Se quedó mirando la ventana por un largo rato. Detrás del grueso cristal que lo separaba del
mundo, los niños del kínder de la escuela vecina correteaban en el patio, otros estaban pegados
en la malla de alambre esperando con ansias a sus padres. Pero también podía observar su
propio reflejo, un muchacho de mirada torva.
—¡Puto!— escuchó por enésima vez. Pero en esta ocasión más fuerte, provocando las
risas hirientes de todo el grupo. Ella (¿él?) sabía que no debía llorar. A pesar de ser femenino
podía, y lo había hecho, romperle la madre a quien se lo mereciera.

Nadie entiende que es una chica. Todavía tiene el vívido recuerdo de la Nochebuena de
hace dos años. La mesa estaba lista, la familia acomodada, vestidos típicamente para una cena
navideña.

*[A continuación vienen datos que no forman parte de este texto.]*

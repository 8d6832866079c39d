//! The links between the operands of an expression: operators and casts (Rust Reference, Operator
//! expressions).
ghost use Rattle.std.specs.Prelude.{◌≡◌, true};
ghost use Rattle.educe_grammar.specs.Expressions as spec;

use educe_grammar::{Ending, Link, Operator};
use educe_tree::ExprForm;

/// Whether `&&` or `||` stands between two comparisons (Rust Reference, Expression precedence).
#[tactic(auto, unfolding(educe_grammar::specs::Expressions::compares_once))]
fn compares_once(links: &[Link]) -> bool
    ensures { result ≡ spec.compares_once true links.now }
{
    let mut may_compare = true;
    for link in links {
        match link {
            Link::Binary(Operator::Joins) => may_compare = true,
            Link::Binary(Operator::Compares | Operator::Less) => {
                if !may_compare {
                    return false;
                }
                may_compare = false;
            }
            _ => {}
        }
    }
    true
}

/// Whether the operator begins with `<`, and is not `<=`.
fn begins_with_less(link: Link) -> bool
    ensures { result ≡ spec.begins_with_less link }
{
    matches!(link, Link::Binary(Operator::Less | Operator::ShiftsLeft))
}

/// Whether the one may stand before the other (Rust Reference, Type cast expressions).
fn may_stand_before(link: Link, next: Link) -> bool
    ensures { result ≡ spec.may_stand_before link next }
{
    match link {
        Link::Cast(Ending::Name) => !begins_with_less(next),
        _ => true,
    }
}

/// Whether no `<` and no `<<` stands behind a cast to a type that ends with a name (Rust Reference,
/// Type cast expressions).
#[tactic(auto, unfolding(educe_grammar::specs::Expressions::casts_end))]
fn casts_end(links: &[Link]) -> bool
    ensures { result ≡ spec.casts_end links.now }
{
    for index in 1..links.len() {
        if !may_stand_before(links[index - 1], links[index]) {
            return false;
        }
    }
    true
}

/// Whether the links of an expression may follow one another (Rust Reference, Expression
/// precedence).
pub fn links_fit(links: &[Link]) -> bool
    ensures { result ≡ spec.links_fit links.now }
{
    compares_once(links) && casts_end(links)
}

/// The form of an expression with this first operand and these links.
pub fn linked_form(operand: ExprForm, links: &[Link]) -> ExprForm
    ensures { result ≡ spec.linked_form (operand, links.now) }
{
    match links {
        [] => operand,
        _ => ExprForm::Other,
    }
}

Él (¿ella?) había elegido un vestido rojo a lo Jessica Rabbit. Fue la primera vez que el
padre la veía transformada. Vio en los ojos de su papá, miedo y dolor.

El cuerpo es un campo de batalla, quién mejor podría saberlo que ella, que a los cinco
años le cortaron el cabello al rape, para que no pudiera adornárselo. Lloró cuando el peluquero,
no la estilista, le pasó la máquina y su tétrico zumbido, y el castaño lacio que adornaba con dos
pequeñas colas, llovió sobre el piso. Cerró los ojos, no quería ver la imagen del varón que nunca
había sido.

Renacer es un dolor necesario. Renacer es florecer. Renacer es transmutación.

Ahora, después de todo este tiempo, se siente completa, sin el sufrimiento de despertar
diariamente a la pesadilla de ser hombre. Sigue aprendiendo, caminando el trayecto del parecer al
ser.
Sabe, aunque a veces la noche caiga sobre sus días, que ha hecho todo lo posible para
ser feliz.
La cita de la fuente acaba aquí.